Limitations & Future Work

  • Experiments are primarily conducted on mathematical reasoning; cross-domain generalization (e.g., code generation, commonsense reasoning) remains insufficiently validated.
  • The quality of ICL steering depends on the quality of demonstrations, and may be limited for extremely difficult problems.
  • Only 1 off-policy trajectory per prompt is used (7+1 configuration); more flexible ratio strategies warrant exploration.
  • Future work could combine ICPO with other exploration-enhancement techniques, such as temperature scheduling and replay buffers.
  • vs.

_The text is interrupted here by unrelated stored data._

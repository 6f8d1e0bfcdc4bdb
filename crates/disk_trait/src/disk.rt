// The calls of a disk, and what each does to what the disk tells.
ghost use Rattle.std.specs.Prelude.{◌≡◌, ◌≢◌, ℕ, ◌+◌, ◌-◌, ◌<◌, ◌≤◌, ◌^◌, length, take, drop, min, IfOk, OnOk, OnErr, IsErrOf};
ghost use Rattle.disk_trait.specs.declared.DiskRefusal.TheVariants.{NoMemory};
ghost use Rattle.disk_trait.specs.View.{Image, View, Tells};
ghost use Rattle.disk_trait.specs.Calls.{written, Torn, Shorn, Moved, Follows, TimePasses, Fewer, Same, Cause, KeepsOthers};
ghost use Rattle.fault_count.specs.OneMore.{IsOneMore};

use crate::DiskRefusal;

/// Eleven files of bytes, numbered 0 to 10, that a stop may cut short.
pub trait Disk {
    /// What the disk tells of its files, and its counts of faults and of restarts.
    ghost view: { Self → View };

    /// The length that reads see, in bytes.
    ///
    /// It counts what is pending too. A refusal leaves every file as it was.
    fn length(&mut self, file: u8) -> Result<u64, DiskRefusal>
        requires { file ≤ 10 }
        ensures told { IfOk result (λ n. Tells (view self.old) → n ≡ length ((view self.old).seen file)) }
        ensures below { IfOk result (λ n. n < 2 ^ 63) }
        ensures same { Same (view self.old) (view self.new) }
        ensures time { TimePasses (view self.old) (view self.new) }
        ensures cause { Cause (view self.old) (view self.new) result };

    /// Reads the bytes from the offset `at` on, at most as many as the slice has, and answers how many.
    ///
    /// `at` counts from 0 and may lie past the end. What is pending is read too. The slice past the answer, and all of
    /// it after a refusal, may hold anything.
    fn read(&mut self, file: u8, at: u64, into: &mut [u8]) -> Result<usize, DiskRefusal>
        requires { file ≤ 10 }
        ensures within { IfOk result (λ n. n ≤ length into.old) }
        ensures told { IfOk result (λ n. Tells (view self.old) → n ≡ min (length into.old) (length ((view self.old).seen file) - at)) }
        ensures bytes { IfOk result (λ n. Tells (view self.old) → take n into.new ≡ take n (drop at ((view self.old).seen file))) }
        ensures same { Same (view self.old) (view self.new) }
        ensures time { TimePasses (view self.old) (view self.new) }
        ensures cause { Cause (view self.old) (view self.new) result };

    /// Writes over what is there, and past the end.
    ///
    /// The first byte goes to the offset `at`, from 0, which is at most the length: a write leaves no gap. Until the
    /// file's next sync a stop may leave any bytes in the range. After `Failed` the range is pending all the same.
    fn write_at(&mut self, file: u8, at: u64, bytes: &[u8]) -> Result<(), DiskRefusal>
        requires file { file ≤ 10 }
        requires offset { Tells (view self.old) → at ≤ length ((view self.old).seen file) }
        ensures written { OnOk result (Tells (view self.old) → (view self.new).seen file ≡ written ((view self.old).seen file) at bytes.now) }
        ensures below { OnOk result (at + length bytes.now < 2 ^ 63) }
        ensures others { (f : ℕ) → f ≢ file → (view self.new).seen f ≡ (view self.old).seen f }
        ensures images { Follows (Moved file (Torn at (length bytes.now))) (view self.old) (view self.new) }
        ensures others_stay { KeepsOthers file (view self.old) (view self.new) }
        ensures tells { Tells (view self.old) → Tells (view self.new) }
        ensures time { TimePasses (view self.old) (view self.new) }
        ensures as_before { IsErrOf result NoMemory → Same (view self.old) (view self.new) }
        ensures cause { Cause (view self.old) (view self.new) result };

    /// Cuts the file to `to` bytes, if it is longer.
    ///
    /// Until the file's next sync a stop may leave any length between, with any bytes past the cut. After `Failed` the
    /// cut is pending all the same.
    fn cut(&mut self, file: u8, to: u64) -> Result<(), DiskRefusal>
        requires { file ≤ 10 }
        ensures cut { OnOk result (Tells (view self.old) → (view self.new).seen file ≡ take to ((view self.old).seen file)) }
        ensures others { (f : ℕ) → f ≢ file → (view self.new).seen f ≡ (view self.old).seen f }
        ensures images { Follows (Moved file (Shorn to)) (view self.old) (view self.new) }
        ensures others_stay { KeepsOthers file (view self.old) (view self.new) }
        ensures tells { Tells (view self.old) → Tells (view self.new) }
        ensures time { TimePasses (view self.old) (view self.new) }
        ensures as_before { IsErrOf result NoMemory → Same (view self.old) (view self.new) }
        ensures cause { Cause (view self.old) (view self.new) result };

    /// Makes the file durable: after Ok a stop leaves of it what a read gives.
    ///
    /// A refusal changes nothing: what was pending stays so.
    fn sync(&mut self, file: u8) -> Result<(), DiskRefusal>
        requires { file ≤ 10 }
        ensures durable { OnOk result ((m : Image) → (view self.new).images m → m file ≡ (view self.old).seen file) }
        ensures seen { (f : ℕ) → (view self.new).seen f ≡ (view self.old).seen f }
        ensures images { Fewer (view self.old) (view self.new) }
        ensures others_stay { KeepsOthers file (view self.old) (view self.new) }
        ensures refused { OnErr result (Same (view self.old) (view self.new)) }
        ensures tells { Tells (view self.old) → Tells (view self.new) }
        ensures time { TimePasses (view self.old) (view self.new) }
        ensures cause { Cause (view self.old) (view self.new) result };

    /// Stops and starts again: the disk then holds one of its images, and nothing is pending.
    ///
    /// A read shows what that image holds. Which one it is isn't said. The count of restarts rises by this call alone.
    fn restart(&mut self)
        ensures images { Fewer (view self.old) (view self.new) }
        ensures durable { (m : Image) → (view self.new).images m → (f : ℕ) → m f ≡ (view self.new).seen f }
        ensures tells { Tells (view self.old) → Tells (view self.new) }
        ensures time { TimePasses (view self.old) (view self.new) }
        ensures faults { (view self.old).faults ≤ (view self.new).faults }
        ensures counted { IsOneMore (view self.old).restarts (view self.new).restarts }
        ensures no_less { (view self.old).restarts ≤ (view self.new).restarts }
        ensures spares { (view self.old).spares → (view self.new).spares };
}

LUFFY: LUFFY requires reasoning trajectories from stronger LRMs as off-policy samples; ICPO replaces the external model with ICL, surpassing LUFFY by +3.3 on Qwen2.5-Math-7B.
  • vs. GRPO + Extra Rollouts: Simply increasing the number of rollouts yields limited gains; the ICL steering in ICPO provides a more effective exploration signal.
  • vs. ReLIFT: ReLIFT alternates between RL and SFT, introducing training instability; ICPO unifies SFT signals and RL optimization within a single framework.

Rating

  • Novelty: ⭐⭐⭐⭐ — Reinterpreting ICL as implicit expert forcing and integrating it into the RLVR framework is a genuinely novel idea.
  • Experimental Thoroughness: ⭐⭐⭐⭐ — Comprehensive evaluation across multiple models and benchmarks, including ablations, expert data type analysis, and training dynamics.
  • Writing Quality: ⭐⭐⭐⭐ — Clear framework presentation with complete derivations; theoretical motivation and empirical validation are well integrated.
  • Value: ⭐⭐⭐⭐ — Provides a low-cost paradigm for exploration enhancement in RLVR, with practical utility for LRM post-training.